## TASK
Tally every line in the entries below that holds "PropId", then give only the total.

## EXCERPTED DATA
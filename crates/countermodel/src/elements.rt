//! Contexts as elements.
ghost use Rattle.certificate.specs.Writability.{Ascends};
ghost use Rattle.closure.specs.Closure.{Context as Context2, Expression as Expression2, Individual as Individual2};
ghost use Rattle.exactness.specs.ListedInterpretation.{AreSatisfiableContexts};
ghost use Rattle.closure.specs.Denotations.{context_of};
ghost use Rattle.countermodel.specs.Elements.{contexts_of};
ghost use Rattle.countermodel.specs.ContextLists.{AreAll, AreBefore, PlacesExpressions, PlacesIndividuals, place_in};
ghost use Rattle.countermodel.specs.Leading.{AreGroupsOf, AreLinks, IsElementBy};
ghost use Rattle.countermodel.specs.Sets.{IsAdmitted, IsWithin};
ghost use Rattle.std.specs.Prelude.{◌≡◌, ◌<◌, ◌≤◌, ◌^◌, ◌↔◌, [], Contains, IfOk, IsTrue, MatchOption, OnOk, Some, List, length, slice_get, ℕ};

use crate::expressions::place_expressions;
use crate::groups::groups_of;
use crate::satisfiable::Satisfiable;
use axioms::{ExprId, IndId, Memory, Ontology};
use engine::Closed;
use facts::Context;
use indexes::Groups;
use std::alloc::Global;
use std::marker::Model;

/// The satisfiable contexts in order: expressions by number, and then individuals, of each group its least. Their places are the
/// elements.
#[derive(Drop)]
pub struct Elements {
    contexts: Vec<Context>,
    // of each expression how many elements come before it: its place, if it is an element
    expressions: Vec<u32>,
    // of each individual how many elements come before it: its place, if it is an element
    individuals: Vec<u32>,
}

impl Model for Elements {
    ghost use Rattle.std.specs.Prelude.{List, length, ◌<◌, ◌^◌};
    ghost use Rattle.closure.specs.Closure.{Context as Context2};
    ghost use Rattle.countermodel.specs.Elements.{contexts_of};
    ghost use Rattle.countermodel.specs.ContextLists.{IsKept};

    ghost Value = { List Context2 };

    ghost view = { λ e. contexts_of e.contexts.items };

    ghost invariant = { λ e. IsKept e };
}

/// How many contexts there are.
fn count(contexts: &[Context]) -> Result<u32, Memory>
    ensures { IfOk result (λ n. n ≡ length contexts.now) }
{
    if contexts.len() >= u32::MAX as usize {
        return Err(Memory);
    }
    Ok(contexts.len() as u32)
}

/// Adds the expressions that are contexts, in order. The list gets the number of contexts before each expression.
fn list_expressions(
    contexts: &mut Vec<Context>,
    places: &mut Vec<u32>,
    satisfiable: &Satisfiable,
    expressions: usize,
) -> Result<(), Memory>
    requires bounded { expressions ≤ 2 ^ 32 }
    requires contexts { contexts.old.items ≡ [] }
    requires places { places.old.items ≡ [] }
    ensures listed { OnOk result (AreBefore (IsAdmitted satisfiable.now) (Expression2 expressions) (contexts_of contexts.new.items)) }
    ensures placed { OnOk result (PlacesExpressions contexts.new.items places.new.items) }
{
    for number in 0..expressions {
        let context = Context::Expr(ExprId(number as u32));
        places.push(count(contexts)?)?;
        if satisfiable.contains(context) {
            contexts.push(context)?;
        }
    }
    Ok(())
}

/// Whether the individual is a context, and the least of its group.
fn is_element(satisfiable: &Satisfiable, groups: &Groups, individual: IndId) -> bool
    requires { AreLinks groups.now }
    ensures { IsTrue result ↔ IsElementBy satisfiable.now groups.now (Individual2 individual.0) }
{
    satisfiable.contains(Context::Individual(individual)) && groups.least(individual) == individual
}

/// Adds the individuals that are elements, in order. The list gets the number of contexts before each individual.
fn list_individuals(
    contexts: &mut Vec<Context>,
    places: &mut Vec<u32>,
    satisfiable: &Satisfiable,
    groups: &Groups,
    individuals: usize,
) -> Result<(), Memory>
    requires bounded { individuals ≤ 2 ^ 32 }
    requires groups { AreLinks groups.now }
    requires contexts { AreBefore (IsElementBy satisfiable.now groups.now) (Individual2 0) (contexts_of contexts.old.items) }
    requires places { places.old.items ≡ [] }
    ensures listed { OnOk result (AreBefore (IsElementBy satisfiable.now groups.now) (Individual2 individuals) (contexts_of contexts.new.items)) }
    ensures placed { OnOk result (PlacesIndividuals contexts.new.items places.new.items) }
    ensures kept { OnOk result ((table : List ℕ) → PlacesExpressions contexts.old.items table → PlacesExpressions contexts.new.items table) }
{
    for number in 0..individuals {
        let individual = IndId(number as u32);
        places.push(count(contexts)?)?;
        if is_element(satisfiable, groups, individual) {
            contexts.push(Context::Individual(individual))?;
        }
    }
    Ok(())
}

/// The place that the tables have for the context.
fn place_of(expressions: &[u32], individuals: &[u32], context: Context) -> Option<u32>
    ensures { result ≡ place_in expressions.now individuals.now context }
{
    let (table, number) = match context {
        Context::Expr(expression) => (expressions, expression.index()),
        Context::Individual(individual) => (individuals, individual.index()),
    };
    if number < table.len() {
        Some(table[number])
    } else {
        None
    }
}

fn stands_at(contexts: &[Context], place: u32, context: Context) -> bool
    ensures { IsTrue result ↔ (slice_get contexts.now place ≡ Some context) }
{
    let place = place as usize;
    place < contexts.len() && contexts[place] == context
}

impl Elements {
    /// The elements of a saturation.
    ///
    /// # Errors
    ///
    /// `Memory` where memory was refused, or there are 2^32 elements.
    pub fn of(closed: &Closed<'_>) -> Result<Elements, Memory>
        ensures { IfOk result (λ e. AreSatisfiableContexts closed.now.ontology closed.now.saturation.normal.asked e) }
    {
        let groups = groups_of(closed);
        Elements::by(closed, groups)
    }

    // The elements of a saturation, where the individuals form these groups.
    pub(crate) fn by(closed: &Closed<'_>, groups: &Groups) -> Result<Elements, Memory>
        requires groups { AreGroupsOf closed.now.ontology closed.now.saturation.normal.asked groups.now }
        ensures { IfOk result (λ e. AreSatisfiableContexts closed.now.ontology closed.now.saturation.normal.asked e) }
    {
        let ontology = closed.ontology();
        let alloc = closed.allocator();
        closed.well_formed();
        let satisfiable = Satisfiable::of(closed)?;
        Elements::among(alloc, ontology, &satisfiable, groups)
    }

    // Those of these contexts that are the least where the individuals form these groups.
    pub(crate) fn among(
        alloc: Global,
        ontology: &Ontology,
        satisfiable: &Satisfiable,
        groups: &Groups,
    ) -> Result<Elements, Memory>
        requires within { (x : Context2) → IsAdmitted satisfiable.now x → IsWithin ontology.now x }
        requires groups { AreLinks groups.now }
        ensures { IfOk result (AreAll (IsElementBy satisfiable.now groups.now)) }
    {
        ontology.bounded();
        let mut contexts = Vec::new(alloc);
        let mut expressions = Vec::new(alloc);
        let mut individuals = Vec::new(alloc);
        let many = ontology.expression_count();
        list_expressions(&mut contexts, &mut expressions, satisfiable, many)?;
        let many = ontology.individuals().len();
        list_individuals(&mut contexts, &mut individuals, satisfiable, groups, many)?;
        count(&contexts)?;
        Ok(Elements {
            contexts,
            expressions,
            individuals,
        })
    }

    // The expressions of these numbers, and the individuals that are the least where the individuals form these groups: those of these
    // contexts. What it costs goes by them, but for a table of the expressions.
    pub(crate) fn of_expressions(
        alloc: Global,
        ontology: &Ontology,
        numbers: &[u32],
        satisfiable: &Satisfiable,
        groups: &Groups,
    ) -> Result<Elements, Memory>
        requires within { (x : Context2) → IsAdmitted satisfiable.now x → IsWithin ontology.now x }
        requires groups { AreLinks groups.now }
        requires ascend { Ascends numbers.now }
        requires numbers { (e : ℕ) → Contains numbers.now e ↔ IsAdmitted satisfiable.now (Expression2 e) }
        ensures { IfOk result (AreAll (IsElementBy satisfiable.now groups.now)) }
    {
        ontology.bounded();
        if numbers.len() >= u32::MAX as usize {
            return Err(Memory);
        }
        let mut contexts = Vec::new(alloc);
        let mut expressions = vec![in alloc; 0u32; ontology.expression_count()]?;
        let mut individuals = Vec::new(alloc);
        place_expressions(&mut contexts, &mut expressions, numbers)?;
        let count_individuals = ontology.individuals().len();
        list_individuals(
            &mut contexts,
            &mut individuals,
            satisfiable,
            groups,
            count_individuals,
        )?;
        count(&contexts)?;
        Ok(Elements {
            contexts,
            expressions,
            individuals,
        })
    }

    /// The contexts, by element.
    pub fn contexts(&self) -> &[Context]
        ensures contexts { contexts_of result.now ≡ self.now }
    {
        &self.contexts
    }

    /// How many elements there are, fewer than 2^32.
    pub fn len(&self) -> u32
        ensures { result ≡ length self.now }
    {
        self.contexts.len() as u32
    }

    /// The element of the context; `None` where it is not satisfiable, or not the least of its group.
    pub fn element(&self, context: Context) -> Option<u32>
        ensures { MatchOption result ((m : ℕ) → slice_get self.now m ≡ Some (context_of context) → ⊥)
            (λ m. slice_get self.now m ≡ Some (context_of context)) }
    {
        let Some(place) = place_of(&self.expressions, &self.individuals, context) else {
            return None;
        };
        if stands_at(&self.contexts, place, context) {
            Some(place)
        } else {
            None
        }
    }
}
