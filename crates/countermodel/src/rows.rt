//! Rows of pairs.
ghost use Rattle.axioms.specs.WellFormedness.{AreDistinct};
ghost use Rattle.certificate.specs.View.{pair_row_of};
ghost use Rattle.exactness.specs.ListedInterpretation.{AreSatisfiableContexts, IsBefore};
ghost use Rattle.countermodel.specs.Edges.{IsGiven};
ghost use Rattle.countermodel.specs.FactsOf.{AreFactsOf};
ghost use Rattle.countermodel.specs.Keys.{HasPair};
ghost use Rattle.countermodel.specs.LastRows.{GroupsAll};
ghost use Rattle.countermodel.specs.PairRows.{ArePairRows};
ghost use Rattle.countermodel.specs.Ranges.{AddsRange, HasRowsBelow, HaveProperties, IsBelow};
ghost use Rattle.countermodel.specs.Sinks.{Adds};
ghost use Rattle.std.specs.Prelude.{◌≤◌, ◌^◌, AllPairs, IfOk, None, OnOk, length, map};

use crate::cuts::cuts_of;
use crate::edges::{Edges, keys_of};
use crate::elements::Elements;
use crate::grouped::add_grouped;
use crate::keys::keys_in_order;
use crate::pair::{Pair, PairRange, comes_before};
use crate::sink::RowSink;
use axioms::{Memory, PropId};
use certificate::PairRow;
use engine::Closed;
use facts::StoredFact;
use number_sets::OpenLists;
use std::alloc::Global;

/// Adds the rows of the pairs that the lists have, but the last one, which it gives.
fn add_lists<S: RowSink<PairRow>>(
    alloc: Global,
    keys: &OpenLists<u64>,
    last: Option<PairRow>,
    rows: &mut S,
) -> Result<Option<PairRow>, Memory>
    requires { length keys.now ≤ 2 ^ 32 }
    ensures { IfOk result (GroupsAll S.adds (HasPair keys.now) rows.old last rows.new) }
{
    let mut last = last;
    for number in 0..keys.len() {
        let property = PropId(number as u32);
        let list = keys_in_order(alloc, keys.at(number))?;
        last = add_grouped(alloc, property, &list, last, rows)?;
    }
    Ok(last)
}

/// Adds the rows of the pairs in the range to those of the pairs before it, but the last one, which it gives.
fn add_range<S: RowSink<PairRow>>(
    edges: &Edges<'_>,
    range: PairRange,
    last: Option<PairRow>,
    rows: &mut S,
) -> Result<Option<PairRow>, Memory>
    requires distinct { AreDistinct edges.now.elements.now }
    requires few { edges.now.properties ≤ 2 ^ 32 }
    requires there { HaveProperties edges.now.properties (IsGiven edges.now.closure.now edges.now.elements.now edges.now.facts.now) }
    requires forward { IsBelow range.end range.from }
    ensures { IfOk result (AddsRange S.adds (IsGiven edges.now.closure.now edges.now.elements.now edges.now.facts.now) range rows.old last rows.new) }
{
    let keys = keys_of(edges, &range)?;
    add_lists(edges.alloc, &keys, last, rows)
}

/// Adds the rows of all pairs but the last one, which it gives. Pairs are made and put in order range by range, so that few of them
/// are there at a time: the ranges end at the pairs of `cuts`.
fn add_ranges<S: RowSink<PairRow>>(
    edges: &Edges<'_>,
    cuts: &[Pair],
    rows: &mut S,
) -> Result<Option<PairRow>, Memory>
    requires distinct { AreDistinct edges.now.elements.now }
    requires few { edges.now.properties ≤ 2 ^ 32 }
    requires there { HaveProperties edges.now.properties (IsGiven edges.now.closure.now edges.now.elements.now edges.now.facts.now) }
    ensures { IfOk result (HasRowsBelow S.adds (IsGiven edges.now.closure.now edges.now.elements.now edges.now.facts.now) rows.old None rows.new) }
{
    let mut from = Pair {
        property: PropId(0),
        source: 0,
        target: 0,
    };
    let mut last = None;
    for cut in cuts {
        if comes_before(from, *cut) {
            let end = Some(*cut);
            let range = PairRange { from, end };
            last = add_range(edges, range, last, rows)?;
            from = *cut;
        }
    }
    let range = PairRange { from, end: None };
    add_range(edges, range, last, rows)
}

/// Adds a row for each property and each element that it leads anywhere from, with the elements there, in order. The facts are all of
/// the saturation, or those of the elements' contexts.
///
/// # Errors
///
/// `Memory` where memory was refused; then some of them may be there.
pub(crate) fn add_pair_rows<S: RowSink<PairRow>>(
    closed: &Closed<'_>,
    elements: &Elements,
    facts: &[StoredFact],
    rows: &mut S,
) -> Result<(), Memory>
    requires ascend { AllPairs IsBefore elements.now }
    requires facts { AreFactsOf elements.now closed.now.saturation.state.facts facts.now }
    ensures { OnOk result (Adds (λ rs. ArePairRows closed.now.ontology closed.now.saturation.normal.asked elements.now (map pair_row_of rs)) (S.adds rows.old rows.new)) }
{
    let alloc = closed.allocator();
    closed.well_formed();
    let ontology = closed.ontology();
    ontology.bounded();
    let closure = closed.closure();
    let properties = ontology.properties().len();
    let edges = Edges {
        alloc,
        closure,
        elements,
        facts,
        properties,
    };
    let cuts = cuts_of(&edges)?;
    match add_ranges(&edges, &cuts, rows)? {
        None => Ok(()),
        Some(row) => rows.add(row),
    }
}

/// For each property and each element that it leads anywhere from the elements there, in order.
///
/// # Errors
///
/// `Memory` where memory was refused.
pub fn pair_rows(closed: &Closed<'_>, elements: &Elements) -> Result<Vec<PairRow>, Memory>
    requires elements { AreSatisfiableContexts closed.now.ontology closed.now.saturation.normal.asked elements.now }
    ensures { IfOk result (λ v. ArePairRows closed.now.ontology closed.now.saturation.normal.asked elements.now (map pair_row_of v.items)) }
{
    let alloc = closed.allocator();
    let mut rows = Vec::new(alloc);
    let facts = closed.facts();
    add_pair_rows(closed, elements, facts, &mut rows)?;
    Ok(rows)
}
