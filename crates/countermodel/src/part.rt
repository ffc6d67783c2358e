//! The members of what edges lead to.
ghost use Rattle.certificate.specs.View.{class_row_of, listed_of};
ghost use Rattle.certificate.specs.Writability.{IsListedOf};
ghost use Rattle.closure.specs.Denotations.{context_of};
ghost use Rattle.countermodel.specs.ContextLists.{AreAll};
ghost use Rattle.countermodel.specs.FactsOf.{AreFactsOf};
ghost use Rattle.countermodel.specs.Leading.{AreGroupsOf};
ghost use Rattle.countermodel.specs.MemberRows.{AreClassRows};
ghost use Rattle.countermodel.specs.Reached.{IsListedPart, IsReachedFrom};
ghost use Rattle.exactness.specs.ListedInterpretation.{IsBefore, IsConsistent, IsSatisfiable, Leads};
ghost use Rattle.std.specs.Prelude.{AllPairs, IfOk, map};

use crate::class_rows::add_class_rows;
use crate::elements::Elements;
use crate::expressions::expressions_among;
use crate::facts_of::facts_of;
use crate::groups::groups_of;
use crate::individuals::individual_elements;
use crate::member_keys::rows_by_keys;
use crate::rows::add_pair_rows;
use crate::satisfiable::Satisfiable;
use crate::search::{ContextSearch, leader_of, reached_from};
use axioms::Memory;
use certificate::{ClassRow, Listed};
use engine::{Closed, Indexed};
use facts::{Context, StoredFact};
use indexes::Groups;

/// The elements that are reached from the context, which is the least of its group.
fn reached_elements(
    indexed: &Indexed<'_>,
    groups: &Groups,
    from: Context,
) -> Result<Elements, Memory>
    requires groups { AreGroupsOf indexed.now.ontology indexed.now.saturation.normal.asked groups.now }
    requires consistent { IsConsistent indexed.now.ontology indexed.now.saturation.normal.asked }
    requires satisfiable { IsSatisfiable indexed.now.ontology indexed.now.saturation.normal.asked (context_of from) }
    requires leads { Leads indexed.now.ontology indexed.now.saturation.normal.asked (context_of from) }
    ensures { IfOk result (AreAll (IsReachedFrom indexed.now.ontology indexed.now.saturation.normal.asked (context_of from))) }
{
    let closed = indexed.closed();
    let ontology = closed.ontology();
    let alloc = closed.allocator();
    closed.well_formed();
    let ContextSearch { found, seen } = reached_from(indexed, groups, from)?;
    let expressions = expressions_among(alloc, &found)?;
    let satisfiable = Satisfiable::only(alloc, seen)?;
    Elements::of_expressions(alloc, ontology, &expressions, &satisfiable, groups)
}

/// A row for each class that has elements, but for `owl:Thing` and `owl:Nothing`, in order. Where the facts, which are those of the
/// elements' contexts, are few beside the expressions, no list of all expressions is made.
fn class_rows_of(
    closed: &Closed<'_>,
    elements: &Elements,
    facts: &[StoredFact],
) -> Result<Vec<ClassRow>, Memory>
    requires ascend { AllPairs IsBefore elements.now }
    requires facts { AreFactsOf elements.now closed.now.saturation.state.facts facts.now }
    ensures { IfOk result (λ v. AreClassRows closed.now.ontology closed.now.saturation.normal.asked elements.now (map class_row_of v.items)) }
{
    let ontology = closed.ontology();
    let alloc = closed.allocator();
    closed.well_formed();
    if facts.len() < ontology.expression_count() / 8 {
        return rows_by_keys(alloc, ontology, elements, facts);
    }
    let mut rows = Vec::new(alloc);
    add_class_rows(closed, elements, facts, &mut rows)?;
    Ok(rows)
}

/// The members of the part of the interpretation that the closure of a consistent ontology lists that is reached from the context and
/// from the individuals, with no claims, and the number in it of the context's element. What it costs goes by what is reached, but for
/// a look at each individual, and for two tables of the expressions, which are zeroed.
///
/// # Errors
///
/// `Memory` where memory was refused.
pub fn reached_part(indexed: &Indexed<'_>, context: Context) -> Result<(Listed, u32), Memory>
    requires consistent { IsConsistent indexed.now.ontology indexed.now.saturation.normal.asked }
    requires satisfiable { IsSatisfiable indexed.now.ontology indexed.now.saturation.normal.asked (context_of context) }
    ensures part { IfOk result
        (λ part. IsListedPart indexed.now.ontology indexed.now.saturation.normal.asked (context_of context) (listed_of part.0) part.1) }
    // A value can be made of it.
    ensures fits { IfOk result (λ part. IsListedOf indexed.now.ontology (listed_of part.0)) }
{
    let closed = indexed.closed();
    let ontology = closed.ontology();
    let alloc = closed.allocator();
    closed.well_formed();
    let groups = groups_of(closed);
    let from = leader_of(groups, context);
    let elements = reached_elements(indexed, groups, from)?;
    let Some(number) = elements.element(from) else {
        // It is reached from itself.
        unreachable!()
    };
    let facts = facts_of(indexed, elements.contexts())?;
    let classes = class_rows_of(closed, &elements, &facts)?;
    let mut pairs = Vec::new(alloc);
    add_pair_rows(closed, &elements, &facts, &mut pairs)?;
    let individuals = individual_elements(alloc, ontology, groups, &elements)?;
    let listed = Listed {
        domain: elements.len(),
        classes,
        pairs,
        individuals,
        claims: Vec::new(alloc),
    };
    Ok((listed, number))
}
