//! Groups of individuals that are one.
ghost use Rattle.countermodel.specs.Leading.{AreGroupsOf};

use engine::Closed;
use indexes::Groups;

/// The groups of individuals that are one by the axioms of the ontology.
pub(crate) fn groups_of<'a>(closed: &Closed<'a>) -> &'a Groups
    ensures { AreGroupsOf closed.now.ontology closed.now.saturation.normal.asked result.now }
{
    closed.well_formed();
    closed.groups()
}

## EXERCISE RESULT
3